I think not that long ago there was a thread about them from the people who had visited. I dont think the conditions they were kept in were all that good. But bump for those people to see it as I cant find the thread.
Same with buying all animals, go and see if you can before you buy.


----------



## gregmonsta (Dec 3, 2007)

Excellent service every time and very helpful when you phone :no1:


----------



## spend_day (Apr 10, 2008)

gregmonsta said:


> Excellent service every time and very helpful when you phone :no1:


for animals, equipment or both


----------



## neep_neep (Oct 18, 2007)

spend_day said:


> well i would first have to take driving lessons, then the test, then buy a car :lol2:
> 
> i dont drive (yes i'm weird) and bus and rail links are tenuous at best
> 
> and i would probably have to fork out for petrol and some extra (like a create of beer or some other gift) if i wanted a mate/family member to drive me out there.

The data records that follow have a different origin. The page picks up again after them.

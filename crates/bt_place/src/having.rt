//! Which requests have a formula.
ghost use Rattle.std.specs.Prelude.{◌↔◌, IfOk, IsTrue};
ghost use Rattle.bt_place.specs.PlaceFormula.{HasFormula, IsEncodable};

use crate::grid::spots;
use bt_demands::has_room;
use bt_facts::cells_of;
use bt_model::{MOST_CELLS, MOST_ENCODED, Request};
use std::alloc::{AllocError, Global};

/// Whether a request is no larger than those of which a formula with all rules is written.
fn is_encodable(request: &Request) -> bool
    ensures { IsTrue result ↔ IsEncodable request.now }
{
    let net = request.net();
    spots(request.rect()) <= MOST_CELLS as usize
        && net.edges().len() <= MOST_ENCODED
        && net.splitters() as usize <= MOST_ENCODED
}

/// Whether a request has a formula: it is no larger than those of which one with all rules is written, or its
/// rectangle has no room for halves and ends, upon which the formula is the empty clause. Formulas of others would be
/// too large to be of use, so nobody writes them. The only error is want of memory.
pub fn has_formula(alloc: Global, request: &Request) -> Result<bool, AllocError>
    ensures { IfOk result (λ has. IsTrue has ↔ HasFormula request.now) }
{
    if is_encodable(request) {
        return Ok(true);
    }
    let cells = cells_of(alloc, request.rect())?;
    Ok(!has_room(alloc, request, &cells)?)
}
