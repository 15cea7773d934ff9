//! A plan that grows from row to row, from the south to the north.
use crate::drawn::Channel;
use crate::eight::{CORE_ACROSS, CORE_LINES, CORE_RANKS, CORE_ROWS, drawing, piece, seat};
use crate::sense::Sense;
use bt_parts::{Cell, Dir, Kind, Part, Tier};
use hint_placement::Sketch;
use hint_routing::{Chain, Step, ahead};
use std::alloc::{AllocError, Global};

/// A plan that grows from row to row.
#[derive(Drop)]
pub struct Stack {
    tier: Tier,
    pub sketch: Sketch,
    /// The first cell of the next row.
    cell: Cell,
}

/// The cell so many columns to the east and so many rows to the south of another.
fn shifted(cell: Cell, first: Cell) -> Cell {
    Cell {
        x: cell.x.wrapping_add(first.x),
        y: cell.y.wrapping_add(first.y),
    }
}

/// Where a cell of a block that begins with the cell `first` stands. In one that is turned upside down its row is
/// counted from `last_row` back.
fn placed(cell: Cell, first: Cell, sense: Sense, last_row: i32) -> Cell {
    match sense {
        Sense::Onward => shifted(cell, first),
        Sense::Against => shifted(
            Cell {
                x: cell.x,
                y: last_row.wrapping_sub(cell.y),
            },
            first,
        ),
    }
}

/// The direction of a belt to which a chain comes in the direction `came`, and which it leaves in the direction
/// `leaves`. Against the chain it leads to where that came from, and as north is south upside down, only east and west
/// change places.
fn turned(came: Dir, leaves: Dir, sense: Sense) -> Dir {
    match (sense, came) {
        (Sense::Onward, _) => leaves,
        (Sense::Against, Dir::East) => Dir::West,
        (Sense::Against, Dir::West) => Dir::East,
        (Sense::Against, upright) => upright,
    }
}

impl Stack {
    /// An empty plan whose next row begins with this cell.
    pub fn new(alloc: Global, tier: Tier, cell: Cell) -> Stack {
        Stack {
            tier,
            sketch: Sketch {
                splitters: Vec::new(alloc),
                others: Vec::new(alloc),
            },
            cell,
        }
    }

    /// Adds a part that is no splitter.
    fn push(&mut self, kind: Kind, cell: Cell, dir: Dir) -> Result<(), AllocError> {
        let tier = self.tier;
        self.sketch.others.push(Part {
            kind,
            tier,
            dir,
            cell,
        })?;
        Ok(())
    }

    /// Adds a row of belts that look to the north, one for each of so many lines.
    pub fn push_belts(&mut self, lines: u32) -> Result<(), AllocError> {
        let mut cell = self.cell;
        for _ in 0..lines {
            self.push(Kind::Belt, cell, Dir::North)?;
            cell = cell.next(Dir::East);
        }
        self.cell = self.cell.next(Dir::North);
        Ok(())
    }

    /// Adds a row of splitters that look to the north, side by side, with these numbers.
    pub fn push_splitters(&mut self, row: &[usize]) -> Result<(), AllocError> {
        let (mut cell, tier) = (self.cell, self.tier);
        for splitter in row {
            let part = Part {
                kind: Kind::Splitter,
                tier,
                dir: Dir::North,
                cell,
            };
            self.sketch.splitters.push((*splitter, part))?;
            cell = cell.next(Dir::East).next(Dir::East);
        }
        self.cell = self.cell.next(Dir::North);
        Ok(())
    }

    /// Adds the parts of a chain of a channel, whose block begins with the cell `first` and has rows from 0 to
    /// `last_row`.
    fn push_chain(
        &mut self,
        chain: &Chain,
        first: Cell,
        sense: Sense,
        last_row: i32,
    ) -> Result<(), AllocError> {
        let mut came = Dir::North;
        for step in chain.steps.iter().rev() {
            match *step {
                Step::Belt(cell, dir) => {
                    let cell = placed(cell, first, sense, last_row);
                    self.push(Kind::Belt, cell, turned(came, dir, sense))?;
                    came = dir;
                }
                Step::Pair(cell, dir, length) => {
                    let near = placed(cell, first, sense, last_row);
                    let far = placed(ahead(cell, dir, length), first, sense, last_row);
                    let dir_now = turned(dir, dir, sense);
                    let (entrance, exit) = match sense {
                        Sense::Onward => (near, far),
                        Sense::Against => (far, near),
                    };
                    self.push(Kind::Entrance, entrance, dir_now)?;
                    self.push(Kind::Exit, exit, dir_now)?;
                    came = dir;
                }
            }
        }
        Ok(())
    }

    /// Adds the parts of chains, which stand where they are.
    pub fn push_chains(&mut self, chains: &[Option<Chain>]) -> Result<(), AllocError> {
        for chain in chains {
            if let Some(chain) = chain {
                self.push_chain(chain, Cell { x: 0, y: 0 }, Sense::Onward, 0)?;
            }
        }
        Ok(())
    }

    /// Adds the rows of a channel, in so many blocks of so many lines side by side.
    pub fn push_channel(
        &mut self,
        channel: &Channel,
        blocks: u32,
        lines: u32,
        sense: Sense,
    ) -> Result<(), AllocError> {
        let height = channel.height;
        let mut first = ahead(self.cell, Dir::North, height);
        let mut last_row = 1i32;
        for _ in 0..height {
            last_row = last_row.wrapping_add(1);
        }
        for _ in 0..blocks {
            for chain in &channel.chains {
                if let Some(chain) = chain {
                    self.push_chain(chain, first, sense, last_row)?;
                }
            }
            first = ahead(first, Dir::East, lines);
        }
        self.cell = ahead(self.cell, Dir::North, height);
        Ok(())
    }

    /// Adds the belts, entrances and exits of a row of the core's drawing, which begins with this cell.
    fn push_drawn(&mut self, first: Cell, line: &str) -> Result<(), AllocError> {
        let mut cell = first;
        for sign in line.as_bytes() {
            if let Some((kind, dir)) = piece(*sign) {
                self.push(kind, cell, dir)?;
            }
            cell = cell.next(Dir::East);
        }
        Ok(())
    }

    /// Adds the splitters of a rank of the core that stands in the block with this number, which begins with this cell.
    fn push_seated(
        &mut self,
        (first, block): (Cell, usize),
        row: &[usize],
        rank: usize,
        sense: Sense,
    ) -> Result<(), AllocError> {
        let tier = self.tier;
        for place in 0..CORE_ACROSS {
            let number = block.saturating_mul(CORE_ACROSS).saturating_add(place);
            if let (Some(splitter), Some(seat)) = (row.get(number), seat(sense, rank, place)) {
                let part = Part {
                    kind: Kind::Splitter,
                    tier,
                    dir: seat.dir,
                    cell: shifted(seat.cell, first),
                };
                self.sketch.splitters.push((*splitter, part))?;
            }
        }
        Ok(())
    }

    /// Adds the core in the block with this number, which begins with this cell. Its ranks have these rows, from its
    /// last rank on; where there are fewer, its first rank gets no splitters.
    fn push_core(
        &mut self,
        seat: (Cell, usize),
        rows: &[Vec<usize>],
        sense: Sense,
    ) -> Result<(), AllocError> {
        let mut cell = seat.0;
        for line in drawing(sense) {
            self.push_drawn(cell, line)?;
            cell = cell.next(Dir::South);
        }
        for (place, row) in rows.iter().enumerate() {
            let rank = CORE_RANKS.saturating_sub(1).saturating_sub(place);
            self.push_seated(seat, row, rank, sense)?;
        }
        Ok(())
    }

    /// Adds cores side by side in so many blocks: the rows of their ranks are listed from the last rank on. Where the rows end
    /// before the first rank, that one is left to what stands over the cores, and so is its row of cells.
    pub fn push_cores(
        &mut self,
        blocks: u32,
        rows: &[Vec<usize>],
        sense: Sense,
    ) -> Result<(), AllocError> {
        let height = if rows.len() < CORE_RANKS {
            CORE_ROWS.saturating_sub(1)
        } else {
            CORE_ROWS
        };
        let mut first = ahead(self.cell, Dir::North, CORE_ROWS.saturating_sub(1));
        for block in 0..blocks {
            self.push_core((first, block as usize), rows, sense)?;
            first = ahead(first, Dir::East, CORE_LINES);
        }
        self.cell = ahead(self.cell, Dir::North, height);
        Ok(())
    }
}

Ah, that's fair enough then!




oakelm said:


> I think not that long ago there was a thread about them from the people who had visited. I dont think the conditions they were kept in were all that good. But bump for those people to see it as I cant find the thread.
> Same with buying all animals, go and see if you can before you buy.


I'vw visited a few times, i've not seen anything exceedingly 'off', just seemed like pretty standard reptile shop conditions to me. Not exceptional, not exceptionally awful.

I was actually quite impressed by the fact they were using alcohol gel between feeding different vivs, first time i've seen that in a shop.


----------



## spend_day (Apr 10, 2008)

neep_neep said:


> Ah, that's fair enough then!
> 
> 
> 
> ...



i had a look for the thread in question but i couldnt find it under 888reptiles and the search function keeps telling me "888" is a too small word and search for just reptiles unsuprisingly brings up quite alot of stuff lol 

i would have probably ordered straight off (after a few emails or call i never order anything online without at least speaking to the people i'm ordering off.) but well there's quite a few mistake on there website, it think it just needs a good proof reading tho lol

so i thought i'd see what RFUK has to say.


----------



## freekygeeky (May 25, 2007)

dont like the shop im affraid.
and orderiong equpment over the internet it didnt turn up..
hmm
maybe they just dot like me


----------



## stuarto69 (Sep 11, 2008)

I have ordered livestock and equipment from 888 and I cannot fault them. A very good service, they even phoned me to make sure I will be at home for when the livestock arrives.


----------



## joeyboy (Jul 19, 2008)

i've only ordered equipment. An exo terra glass viv and some other small items.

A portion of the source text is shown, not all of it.